I'm writing to ask 1Password to help me be more aware of website security, e.g., warn me when I'm about to enter a username & password into an HTTP page.

I did a quick check of the 400+ Login entries in my 1Password database -- approximately half of them have HTTP URLs. For example, the insecure half includes my login to the Agile forums.

The importance of secure signup & login depends on the site. It's essential for my credit union, hosting service & Gmail and less important for other sites. So there'd need to be way to disable security warnings for specific sites, either at initial signup or when using 1Password to login.

Update:

After adding this topic, I received assurance from my trusted site that their login IS secure -- the login form on their HTTP page does a post to a secure HTTPS URL.

This means it would be extremely helpful if 1Password could be "looking under the covers" during signup and login.

-- Ward

Comments

  • flambino
    flambino
    Community Member
    edited April 2011
    brenty wrote:

    So to address your wish directly, I have to say that at Agile we try to focus our efforts on 1Password's core functionality -- all the stuff that's really great and unique about 1Password -- and leave the rest to other folks, to do what they do best. So while we won't rule it out completely, this really isn't something that's likely to happen in the near future.


    Just an idea: Perhaps 1Password could just show an icon for logins with HTTPS URIs, much like the little padlock icon browsers use already. Or perhaps it'd be better to show a little warning icon for logins that are not HTTPS?
    It's not as comprehensive as Ward's suggestion (which I wholeheartedly second, by the way!) of proactively checking forms and warning; it'd just be a passive reminder to the user. But that's helpful too and - I suspect - it'd be simple to implement.

    I suggested elsewhere that an overall "audit" feature in 1Password would be awesome (i.e. something that looks for iffy logins where passwords or username/password combos have been reused and such), and the addition of checking for HTTPS would be cool in that context too. Along with password-reuse and general password entropy checks, you'd get a pretty quick overview of you "exposure". But that's a wider-ranging thing. Much of the functionality can be duplicated using Smart Folders of course, but having it built in would raise awareness (and it'd just be easier). Plus, even the vigilant users might forget to check for some issues; like Ward, I too had forgotten to check for HTTPS on some of my logins.
  • flambino
    flambino
    Community Member
    brenty wrote:

    Something to consider, though: Websites change all the time and can pretty much do whatever they want regardless of the URL you request. [...] So 1Password telling you that a particular Login is secure means nothing, essentially, when the site can just redirect you to an insecure page. <_<


    True. Hadn't considered that. In some ways it's probably better to not have an icon at all then. False sense of security is (almost) worse than bad security.
    Or rather, the half-way solution of just checking the URL isn't good enough - you'd have to do what Ward suggested and check both login page and the URL the forms posts too.

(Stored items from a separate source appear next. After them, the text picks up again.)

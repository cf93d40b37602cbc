// The lines of a text, one at a time, and the instance that those so far make.
ghost use Rattle.std.specs.Prelude.{◌≡◌, ℕ, false, ◌&&◌, [], ◌∷◌, ◌++◌, length, MatchOption, ◌+◌};
ghost use Rattle.std.specs.Prelude.{◌<◌, ◌≤◌, Ok, Err, None, OnOk, IfOk, IfSome, MatchResult};
ghost use Rattle.std.specs.Prelude.{◌⊎◌};
ghost use Rattle.cnf.specs.declared.limits.TheConstants.{MOST_VARIABLES, NUMBER_LIMIT};
ghost use Rattle.text.specs.Text.{tokens_of, capped};
ghost use Rattle.wcnf.specs.Heads.{most_variable, one_hard, one_soft, weighed, head_of, is_p};
ghost use Rattle.cnf.specs.Clause.{has_repeat};
ghost use Rattle.cnf.specs.Instance.{IsInstance};
ghost use Rattle.wcnf.specs.Drafts.{totals_of, nothing_drafted, is_empty, drafted_line};
ghost use Rattle.wcnf.specs.Drafts.{drafted_tokens, drafted_header, drafted_clause};
ghost use Rattle.wcnf.specs.Drafts.{problem_drafted};
ghost use Rattle.wcnf.specs.Reading.{short_at};

use crate::faults::FaultKind;
use crate::gathering::Gathering;
use crate::header::Header;
use cnf::clause_list::ClauseList;
use cnf::limits::{MOST_HARD, MOST_SOFT, MOST_VARIABLES, NUMBER_LIMIT};
use cnf::types::{Clause, Instance, Lit, Soft};
use std::alloc::{AllocError, Global};
use std::marker::Model;
use text::cutting::tokens;
use text::digits::number;
use text::pieces::Tokens;

/// The instance that the lines so far make.
#[derive(Drop)]
pub(crate) struct Draft {
    // The header, in the older form; none in today's.
    header: Option<Header>,
    // The line of the header; 0 where there is none.
    header_line: u64,
    // The hard clauses so far.
    hard: ClauseList,
    // The soft clauses so far, with their weights.
    soft: Vec<Soft>,
    // The literals of the text so far, repeats too.
    literals: usize,
    // The sum of the weights so far.
    weight: u64,
    // The clause of the line that is being read.
    clause: Gathering,
}

impl Model for Draft {
    ghost use Rattle.std.specs.Prelude.{◌≤◌, ◌<◌};
    ghost use Rattle.cnf.specs.declared.limits.TheConstants.{MOST_LITERALS, NUMBER_LIMIT};
    ghost use Rattle.wcnf.specs.Heads.{most_variable};
    ghost use Rattle.wcnf.specs.Drafts.{Drafted};

    ghost Value = { Drafted };

    ghost view = { λ d.
        record {
          header = d.header;
          line = d.header_line;
          variables = d.clause.variables;
          hard = d.hard;
          soft = d.soft.items;
          literals = d.literals;
          weight = d.weight;
        } };

    ghost invariant = { λ d. (d.weight < NUMBER_LIMIT) × (d.literals ≤ MOST_LITERALS)
        × (d.clause.variables ≤ most_variable d.header) };
}

impl Draft {
    /// The draft of no lines.
    pub(crate) fn new(alloc: Global) -> Self
        ensures { result ≡ nothing_drafted }
    {
        Draft {
            header: None,
            header_line: 0,
            hard: ClauseList::new(alloc),
            soft: Vec::new(alloc),
            literals: 0,
            weight: 0,
            clause: Gathering::new(alloc),
        }
    }

    /// Reads one more line, given its number; a line without tokens and a comment leave the draft
    /// as it is.
    pub(crate) fn read_line(&mut self, number: u64, line: &[u8]) -> Result<(), FaultKind>
        ensures { MatchResult result
            (λ _. drafted_line number self.old (tokens_of line.now) ≡ Ok self.new)
            (λ k. (k ≡ FaultKind.Memory)
            ⊎ (drafted_line number self.old (tokens_of line.now) ≡ Err k)) }
    {
        let mut words = tokens(line);
        match words.next() {
            None | Some([b'c', ..]) => Ok(()),
            Some(first) => self.read_tokens(number, first, words),
        }
    }

    /// Reads the header, or one more clause line, given its first token and the others.
    fn read_tokens(&mut self, number: u64, first: &[u8], words: Tokens<'_>) -> Result<(), FaultKind>
        ensures { MatchResult result
            (λ _. drafted_tokens number self.old first.now words.entry ≡ Ok self.new)
            (λ k. (k ≡ FaultKind.Memory)
            ⊎ (drafted_tokens number self.old first.now words.entry ≡ Err k)) }
    {
        if self.begins_header(first) {
            self.read_header(number, words)
        } else {
            self.read_clause(first, words)
        }
    }

    /// Whether a line with this first token has to be the header.
    fn begins_header(&self, first: &[u8]) -> bool
        ensures { result ≡ (is_empty self.now && is_p first.now) }
    {
        self.is_empty() && matches!(first, [b'p'])
    }

    /// Whether neither a header nor a clause was read.
    fn is_empty(&self) -> bool
        ensures { result ≡ is_empty self.now }
    {
        self.header.is_none() && self.hard.len() == 0 && self.soft.is_empty()
    }

    /// Reads the header, given its line and the tokens after the first.
    fn read_header(&mut self, number: u64, words: Tokens<'_>) -> Result<(), FaultKind>
        ensures { MatchResult result
            (λ _. drafted_header number self.old words.entry ≡ Ok self.new)
            (λ k. drafted_header number self.old words.entry ≡ Err k) }
    {
        let header = Header::read(words)?;
        self.clause = Gathering::new(*self.soft.allocator());
        self.header = Some(header);
        self.header_line = number;
        Ok(())
    }

    /// Reads one more clause line, given its first token and the others.
    fn read_clause(&mut self, first: &[u8], words: Tokens<'_>) -> Result<(), FaultKind>
        ensures { MatchResult result
            (λ _. drafted_clause self.old first.now words.entry ≡ Ok self.new)
            (λ k. (k ≡ FaultKind.Memory)
            ⊎ (drafted_clause self.old first.now words.entry ≡ Err k)) }
    {
        let weight = self.head(first)?;
        let most = self.most();
        let literals = self.clause.read(self.literals, most, words)?;
        put(&mut self.hard, &mut self.soft, weight, self.clause.lits()).map_err(
            |_| FaultKind::Memory,
        )?;
        self.weight += weight.unwrap_or(0);
        self.literals = literals;
        Ok(())
    }

    /// The greatest variable that a literal may have.
    fn most(&self) -> u32
        ensures most { result ≡ most_variable self.now.header }
        ensures within { result ≤ MOST_VARIABLES }
    {
        match &self.header {
            None => MOST_VARIABLES,
            Some(header) => header.variables(),
        }
    }

    /// What the first token of a clause line says: a weight, or none for a hard clause.
    fn head(&self, token: &[u8]) -> Result<Option<u64>, FaultKind>
        ensures head { result ≡ head_of self.now.header (totals_of self.now) token.now }
        ensures limits { IfOk result
            (λ o. IfSome o (λ w. (0 < w) × (self.now.weight + w < NUMBER_LIMIT))) }
    {
        match token {
            [b'0'..=b'9', ..] => self.weighed(number(token).ok_or(FaultKind::Weight)?),
            b"h" if self.header.is_none() => self.hard(),
            b"p" => Err(FaultKind::OldForm),
            _ => Err(FaultKind::FirstToken),
        }
    }

    /// What a weight says of its clause.
    fn weighed(&self, weight: u64) -> Result<Option<u64>, FaultKind>
        ensures weighed { (v : ℕ) → weight ≡ capped v
            → result ≡ weighed self.now.header (totals_of self.now) v }
        ensures limits { IfOk result
            (λ o. IfSome o (λ w. (0 < w) × (self.now.weight + w < NUMBER_LIMIT))) }
    {
        let Some(header) = &self.header else {
            return if weight == 0 || weight >= NUMBER_LIMIT {
                Err(FaultKind::Weight)
            } else {
                self.soft(weight)
            };
        };
        if weight == 0 || weight > header.top() {
            return Err(FaultKind::Weight);
        }
        let weight = if weight == header.top() {
            self.hard()?
        } else {
            self.soft(weight)?
        };
        if self.count() >= u128::from(header.clauses()) {
            Err(FaultKind::Count)
        } else {
            Ok(weight)
        }
    }

    /// No weight, if the limits allow one more hard clause.
    fn hard(&self) -> Result<Option<u64>, FaultKind>
        ensures hard { result ≡ one_hard (totals_of self.now) }
        ensures none { IfOk result (λ o. o ≡ None) }
    {
        if self.hard.len() >= MOST_HARD {
            Err(FaultKind::TooMany)
        } else {
            Ok(None)
        }
    }

    /// The weight of a soft clause, if the limits allow one more of it.
    fn soft(&self, weight: u64) -> Result<Option<u64>, FaultKind>
        requires { weight < NUMBER_LIMIT }
        ensures soft { result ≡ one_soft (totals_of self.now) weight }
        ensures limits { IfOk result
            (λ o. IfSome o (λ w. (w ≡ weight) × (self.now.weight + w < NUMBER_LIMIT))) }
    {
        if self.weight + weight >= NUMBER_LIMIT {
            Err(FaultKind::WeightSum)
        } else if self.soft.len() >= MOST_SOFT {
            Err(FaultKind::TooMany)
        } else {
            Ok(Some(weight))
        }
    }

    /// How many clauses there are so far.
    fn count(&self) -> u128
        ensures { result ≡ length self.now.hard + length self.now.soft }
    {
        self.hard.len() as u128 + self.soft.len() as u128
    }

    /// The line of the header, where that says more clauses than there are.
    pub(crate) fn short(&self) -> Option<u64>
        ensures { result ≡ short_at self.now }
    {
        match &self.header {
            Some(header) if self.count() < u128::from(header.clauses()) => Some(self.header_line),
            _ => None,
        }
    }

    /// The instance that the lines make.
    pub(crate) fn finish(self) -> Instance
        requires { IsInstance (problem_drafted self) }
        ensures { result ≡ problem_drafted self }
    {
        let Draft {
            header,
            hard,
            soft,
            clause,
            ..
        } = self;
        let vars = match header {
            None => clause.vars(),
            Some(header) => header.variables(),
        };
        Instance::new(vars, hard, soft)
    }
}

/// Puts a clause last, among the soft ones where it has a weight.
fn put(
    hard: &mut ClauseList,
    soft: &mut Vec<Soft>,
    weight: Option<u64>,
    lits: &[Lit],
) -> Result<(), AllocError>
    requires weight { IfSome weight (λ w. 0 < w) }
    requires no_repeat { has_repeat lits.now ≡ false }
    ensures { OnOk result (MatchOption weight
        ((hard.new ≡ hard.old ++ lits.now ∷ []) × (soft.new.items ≡ soft.old.items))
        (λ w. (hard.new ≡ hard.old)
        × (soft.new.items ≡ soft.old.items ++ record { weight = w; clause = lits.now } ∷ []))) }
{
    match weight {
        None => hard.push(lits),
        Some(weight) => {
            let clause = Clause::new(Vec::from_slice(*soft.allocator(), lits)?);
            soft.push(Soft::new(weight, clause))?;
            Ok(())
        }
    }
}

Go big or don't go at all :)

    brenty wrote:

    you beat me to the punch there...and then made a brilliant point


    Yeah... I do that a lot B)

    brenty wrote:

    Awareness is huge for casual users, and, as you point out, power users could use a kick in the pants too from time to time. Thank you for raising this issue, and, by extension, raising my awareness that awareness itself is a noble pursuit! :)


    You're quite welcome :)
    Things like icons or other callouts can do a lot, even if you don't understand their meaning at first. Just the fact that some items in a collection get called out while others don't sets the mind working on why that is, what it could mean, and so forth. And, in the context of security, whether the callout is a good or bad thing. Games are actually really good doing this sort of "teaching", since the player needs to be taught what to do and what's going on, but the game can't directly give it away either. Obviously, something that isn't a game can just explain what's going on, but it can be become a crutch too. The documentation should still explain it of course, but few people want to be explicitly taught and told what's good for them. Saying RTFM doens't really work :)

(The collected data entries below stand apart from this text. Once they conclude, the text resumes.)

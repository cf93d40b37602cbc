// Reading a WCNF text, given as bytes or by a reader.
ghost use Rattle.std.specs.Prelude.{◌≡◌, IfOk, IfErr, OnOk, IfSome, Err, is_err, true, false, ◌⊎◌};
ghost use Rattle.std.specs.Io.KnownBytes.{IsAtEnd};
ghost use Rattle.cnf.specs.Problem.{Problem};
ghost use Rattle.wcnf.specs.declared.faults.FaultKind.{FaultKind};
ghost use Rattle.wcnf.specs.Wcnf.{Reads};
ghost use Rattle.wcnf.specs.Reading.{IsFirstFault};
ghost use Rattle.wcnf.specs.Parsing.{IsFaultOf, TellsFailure};

use crate::faults::{FAILED, ReadFault};
use crate::parser::Parser;
use cnf::types::Instance;
use std::alloc::Global;
use std::io::Read;
use text::watched::{READ_SIZE, ReadFailure, WatchedReader};

/// The instance that a WCNF text reads as, in the form of the MaxSAT Evaluation 2022 or in the
/// older one with a header.
///
/// Each line is blank, a comment that begins with `c`, or a clause: `h` or a weight from 1 to
/// 2^62 - 1, then literals, then `0`. Repeated literals are dropped, the first place stays, and the
/// variables are those up to the greatest one.
///
/// In the older form the first line that is neither blank nor a comment is the header `p wcnf V C
/// T`: then there are V variables and C clauses, each with a weight from 1 to T, and weight T makes
/// a clause hard.
///
/// # Errors
///
/// The first fault of the text with its line, as `FaultKind` lists them, among them a limit that is
/// passed; or `Memory` with line 0 where a growth was refused.
pub fn read(alloc: Global, text: &[u8]) -> Result<Instance, ReadFault>
    ensures instance { IfOk result (λ i. Reads text.now i) }
    ensures only_one { IfOk result (λ i. (p : Problem) → Reads text.now p → p ≡ i) }
    ensures fault { IfErr result
        (λ f. (f ≡ record { kind = FaultKind.Memory; line = 0 })
        ⊎ IsFirstFault text.now f.kind f.line) }
{
    let mut parser = Parser::new(alloc);
    parser.feed(text)?;
    parser.finish()
}

/// As `read`, of all bytes that the reader gives. They are read in pieces, and of the text only the
/// instance and the line that is being read are in memory.
///
/// # Errors
///
/// `Read` with line 0 where the reader failed, of whatever kind its error is, also where it failed
/// after a faulty line; else those of `read`. A text of 2^64 pieces or more counts as a failed
/// read.
pub fn read_from<R: Read>(alloc: Global, reader: &mut R) -> Result<Instance, ReadFault>
    ensures at_end { OnOk result (IsAtEnd (R.remaining reader.new)) }
    ensures instance { IfOk result (λ i. IfSome (R.remaining reader.old) (λ text. Reads text i)) }
    ensures only_one { IfOk result
        (λ i. IfSome (R.remaining reader.old) (λ text. (p : Problem) → Reads text p → p ≡ i)) }

    // The reader's own fault, or that of the whole text, which was read to its end.
    ensures fault { IfErr result (λ f. (f ≡ record { kind = FaultKind.Memory; line = 0 })
        ⊎ (f ≡ record { kind = FaultKind.Read; line = 0 })
        ⊎ IfSome (R.remaining reader.old) (λ text. IsFirstFault text f.kind f.line)) }
    ensures whole { IfErr result (λ f. (f ≡ record { kind = FaultKind.Read; line = 0 })
        ⊎ IsAtEnd (R.remaining reader.new)) }
{
    let mut watched = WatchedReader::new(reader);
    let instance = read_watched(alloc, &mut watched);
    let reader = watched.finish();
    // Nothing is done here: the proof learns from this use what the reader has left.
    let _ = &*reader;
    instance
}

/// As `read_from`, of a reader that has not failed. Where it fails nothing more is read.
///
/// # Errors
///
/// Those of `read_from`: `Read` just where the reader has failed.
pub fn read_watched<R: Read>(
    alloc: Global,
    reader: &mut WatchedReader<'_, R>,
) -> Result<Instance, ReadFault>
    requires { reader.old.has_failed ≡ false }
    ensures at_end { OnOk result (IsAtEnd (R.remaining reader.new.reader.now)) }
    ensures instance { IfOk result
        (λ i. IfSome (R.remaining reader.old.reader.now) (λ text. Reads text i)) }
    ensures only_one { IfOk result (λ i. IfSome (R.remaining reader.old.reader.now)
        (λ text. (p : Problem) → Reads text p → p ≡ i)) }

    // The reader has failed, or this is the fault of the whole text, which was read to its end.
    ensures fault { IfErr result (λ f. (f ≡ record { kind = FaultKind.Memory; line = 0 })
        ⊎ TellsFailure reader.new.has_failed f ⊎ IsFaultOf (R.remaining reader.old.reader.now) f) }
    ensures whole { IfErr result (λ f. (f ≡ record { kind = FaultKind.Read; line = 0 })
        ⊎ IsAtEnd (R.remaining reader.new.reader.now)) }

    // No failure is ignored.
    ensures failed { reader.new.has_failed ≡ true
        → result ≡ Err (record { kind = FaultKind.Read; line = 0 }) }
    ensures reader { reader.new.reader.ghost_name ≡ reader.old.reader.ghost_name }
{
    let mut parser = Parser::new(alloc);
    let mut chunk = [0u8; READ_SIZE];
    // Dropped by calls: that is proved once, and not field by field here.
    'pieces: loop {
        let count = match reader.read(&mut chunk) {
            Ok(0) => return parser.finish(),
            Ok(count) => count,
            Err(_) => {
                drop(parser);
                return Err(FAILED);
            }
        };
        if let Err(fault) = parser.feed(&chunk[..count]) {
            drop(parser);
            read_on(reader)?;
            return Err(fault);
        }
    }
}

/// Reads to the end, and keeps nothing.
fn read_on<R: Read>(reader: &mut WatchedReader<'_, R>) -> Result<(), ReadFault>
    requires { reader.old.has_failed ≡ false }
    ensures at_end { OnOk result (IsAtEnd (R.remaining reader.new.reader.now)) }
    ensures fault { IfErr result (λ f. f ≡ record { kind = FaultKind.Read; line = 0 }) }
    ensures failed { reader.new.has_failed ≡ is_err result }
    ensures reader { reader.new.reader.ghost_name ≡ reader.old.reader.ghost_name }
{
    let mut chunk = [0u8; READ_SIZE];
    'rest: loop {
        match reader.read(&mut chunk) {
            Ok(0) => return Ok(()),
            Ok(_) => {}
            Err(ReadFailure) => return Err(FAILED),
        }
    }
}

    For myself, I created tons of smart folders in 1Password for things like reused passwords, non-HTTPS logins and of course different levels of password strength. My "game" then became to get all the "bad" folders down to zero items. (I could do the same with the default "Unfiled" folder, but I use tags and Smart Folders for almost everything and bypass the normal folder system). Had 1Password come with a built-in Smart Folder or similar that listed all the "bad" logins you have, I suspect many people would make it their "game" to understand what the selection criteria for the folder are and how to get it emptied. That'd raise awareness and teach people without trying to sit them down and explain things. Especially if the folder's name and/or icon clearly communicated that "here be bad stuff" :)

    As you say, it may seem frivolous or even "cheap", but when done right it can mean a lot. And it'll always be more subtle and less frivolous than saying RTFM :)
  • khad
    khad
    1Password Alumni
    edited April 2011
    1Password telling you that a particular Login is secure means nothing, essentially, when the site can just redirect you to an insecure page.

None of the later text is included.